Buying a property off the plan can be cheaper than buying an existing property if you’re buying in a rising market. In theory, you pay a deposit to lock in a price and the value will have gone up by the time you pay in full at settlement, several years later.

But it doesn’t always work out that way. A lot can change in the two to three years between putting down your deposit and the settlement date. Let’s take a look at what can go wrong and what you can do to help avoid it.

1. Change in personal circumstances

  • You might lose your job, become ill or acquire other unforeseen financial responsibilities and no longer be able to finance the purchase.
  • It’s difficult to anticipate problems like these, but you can reduce your risk through careful planning that includes taking out health/income insurance.

2. Change in valuation

  • If the developer has overvalued the property, your lender may give you a valuation at the time of settlement that is less than the contract price. While you are locked in at the original contract price, banks will only lend you an amount based on their valuation.
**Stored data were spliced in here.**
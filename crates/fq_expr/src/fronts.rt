//! The row-wise steps of a plan, over one batch at a time.
ghost use Rattle.std.specs.Prelude.{◌≡◌, ◌+◌, ◌≤◌, ◌==◌, ◌++◌, ◌∷◌, [], Some, length, map, vec_len, IfOk, IsOk, OnErr, OnOk};
ghost use Rattle.std.specs.Option.{option_map_or};
ghost use Rattle.fq_column.specs.Stream.{done};
ghost use Rattle.fq_expr.specs.Front.{fault_at};
ghost use Rattle.fq_expr.specs.Kinds.{step_schema, steps_schema};
ghost use Rattle.fq_expr.specs.ExpressionData.{step_of};
ghost use Rattle.fq_expr.specs.Steps.{apply_steps, fields_after, fields_after_all, fields_after_each};

use crate::steps::RowStep;
use fq_column::{Batch, Memory, Schema, StepFault};
use std::alloc::Global;
use std::marker::Model;
use thiserror::Error;

/// An expression whose value on a row does not fit 64 bits: the step's number, and the item's in the step (a filter's is 0).
#[derive(Clone, Copy, Debug, PartialEq, Eq, Error)]
#[error("step {step}, item {item}: overflow")]
pub struct RowFault {
    /// The step's number in the plan.
    pub step: u16,
    /// The number of the item in the step; a filter's is 0.
    pub item: u16,
}

/// The rows that steps made of those before the first that faults, and the fault of that row.
pub type Piece = fq_column::Piece<RowFault>;

/// The most steps of a plan, whose numbers are below it.
pub const MAX_STEPS: usize = 64;

/// Row-wise steps one after the other, numbered from a first number on.
#[derive(Debug, Drop)]
pub struct Front {
    steps: Vec<RowStep>,
    schema: Schema,
    first: u16,
}

impl Model for Front {
    ghost use Rattle.fq_expr.specs.Front.{NumberedSteps};

    ghost Value = { NumberedSteps };

    ghost use Rattle.std.specs.Coded.{codes};
    ghost use Rattle.fq_expr.specs.ExpressionCode.{expression_code};

    ghost coded = { Prim.hlevel (codes, expression_code (Prim.hlevel codes)) };

    ghost use Rattle.std.specs.Prelude.{◌+◌, ◌≤◌, map, length, IsOk};
    ghost use Rattle.fq_expr.specs.Kinds.{steps_schema};
    ghost use Rattle.fq_expr.specs.ExpressionData.{step_of};
    ghost use Rattle.fq_expr.specs.declared.fronts.TheConstants.{MAX_STEPS};

    ghost view = { λ f. record { steps = map step_of f.steps.items; fields = f.schema; first = f.first } };

    ghost invariant = { λ f. IsOk (steps_schema f.schema (map step_of f.steps.items)) × (f.first + length f.steps.items ≤ MAX_STEPS) };
}

impl Front {
    /// The front of these steps on batches of a schema; the list may be empty.
    ///
    /// Its faults number the steps from `first`. Nothing is allocated, so there is always a front.
    pub fn new(
        _alloc: Global,
        steps: Vec<RowStep>,
        schema: Schema,
        first: u16,
    ) -> Result<Front, Memory>
        requires schemas { IsOk (steps_schema schema (map step_of steps.items)) }
        requires numbers { first + vec_len steps ≤ MAX_STEPS }
        ensures succeeds { IsOk result }
        ensures front { IfOk result (λ f. f ≡ record { steps = map step_of steps.items; fields = schema; first = first }) }
    {
        Ok(Front {
            steps,
            schema,
            first,
        })
    }

    /// One more step at the end. If an allocation fails, the front is as it was.
    pub fn push(&mut self, step: RowStep) -> Result<(), Memory>
        requires schemas { IsOk (steps_schema self.old.fields (self.old.steps ++ step_of step ∷ [])) }
        requires numbers { self.old.first + length self.old.steps + 1 ≤ MAX_STEPS }
        ensures ok { OnOk result (self.new ≡ record self.old { steps = self.old.steps ++ step_of step ∷ [] }) }
        ensures err { OnErr result (self.new ≡ self.old) }
    {
        Ok(self.steps.push(step)?)
    }

    /// The schema before the first step.
    pub fn schema(&self) -> &Schema
        ensures { result.now ≡ self.now.fields }
    {
        &self.schema
    }

    /// The steps, in order.
    pub fn steps(&self) -> &[RowStep]
        ensures { map step_of result.now ≡ self.now.steps }
    {
        self.steps.as_slice()
    }

    /// The columns after each step, in order. `Memory` if an allocation fails.
    pub fn schemas(&self, alloc: Global) -> Result<Vec<Schema>, Memory>
        ensures { IfOk result (λ schemas. schemas.items ≡ fields_after_each self.now.fields self.now.steps) }
    {
        let mut schemas = Vec::with_capacity(alloc, self.steps.len())?;
        let mut last = self.schema.copy(alloc)?;
        for i in 0..self.steps.len() {
            last = schema_after(alloc, &self.steps[i], &last)?;
            schemas.push(last.copy(alloc)?)?;
        }
        Ok(schemas)
    }

    /// Whether there is no step.
    pub fn is_empty(&self) -> bool
        ensures { result ≡ (length self.now.steps == 0) }
    {
        self.steps.is_empty()
    }

    /// The steps on the rows of a batch.
    ///
    /// Each step sees the rows that the step before it made. So the fault of the earliest row takes precedence whatever the
    /// batch; within a row that of the lowest step, then that of the lowest item. The rows before it stay.
    pub fn apply(&self, alloc: Global, batch: Batch) -> Result<Piece, Memory>
        requires { batch.fields ≡ self.now.fields }
        ensures fields { IfOk result (λ p. p.batch.fields ≡ fields_after_all self.now.fields self.now.steps) }
        ensures rows { let u = apply_steps fault_at self.now.first self.now.fields self.now.steps (done batch.rows) in
            IfOk result (λ p. p.batch.rows ≡ u.rows) }
        ensures fault { let u = apply_steps fault_at self.now.first self.now.fields self.now.steps (done batch.rows) in
            IfOk result (λ p. p.fault ≡ u.fault) }
    {
        let mut piece = Piece { batch, fault: None };
        for i in 0..self.steps.len() {
            let Piece { batch, fault } = piece;
            let stepped = self.steps[i].apply(alloc, batch)?;
            piece = Piece {
                batch: stepped.batch,
                fault: fault_after(self.first + i as u16, stepped.fault, fault),
            };
        }
        Ok(piece)
    }
}

// The fault after a step: that of its item, if one faulted, or the one before.
fn fault_after(step: u16, item: Option<u16>, before: Option<RowFault>) -> Option<RowFault>
    ensures { result ≡ option_map_or (λ i. Some (fault_at step i)) item before }
{
    match item {
        Some(item) => Some(RowFault { step, item }),
        None => before,
    }
}

// The columns after a step that can be made on these.
fn schema_after(alloc: Global, step: &RowStep, before: &Schema) -> Result<Schema, Memory>
    requires { IsOk (step_schema before.now (step_of step.now)) }
    ensures { IfOk result (λ after. after ≡ fields_after before.now (step_of step.now)) }
{
    match step.schema(alloc, before) {
        Ok(after) => Ok(after),
        Err(StepFault::Memory) => Err(Memory),
        Err(_) => unreachable!(),
    }
}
If you can’t fund the shortfall, you will lose your deposit and will have also defaulted on the contract, which puts you at risk of potential legal action by the developer.
  • If the property market turns during construction causing values to drop, you may have similar lending woes, as well as making a capital loss on your purchase.
  • To minimise the risk of a change in valuation affecting your property’s value or your ability to borrow, do your own research on current market values and forecasts so you have a more accurate idea of what the property is worth – and don’t get sucked in to paying too much.

3. Problems with the developer

  • If the developer goes bankrupt, you could lose your deposit as well the opportunity to have invested that money elsewhere.
  • A bad developer can also lead to poor quality work, from small issues to major building defects, that can lower the resale value of your property.
  • To reduce these risks, put your deposit in a trust account to protect it, and thoroughly research your developer – only go with one that has a solid reputation.

4. Changing economic climate

  • Changes in the economy can affect interest rates and job security.
  • These are difficult to forecast but try and keep your finger on the pulse and ensure you have room in your budget for several rate increases.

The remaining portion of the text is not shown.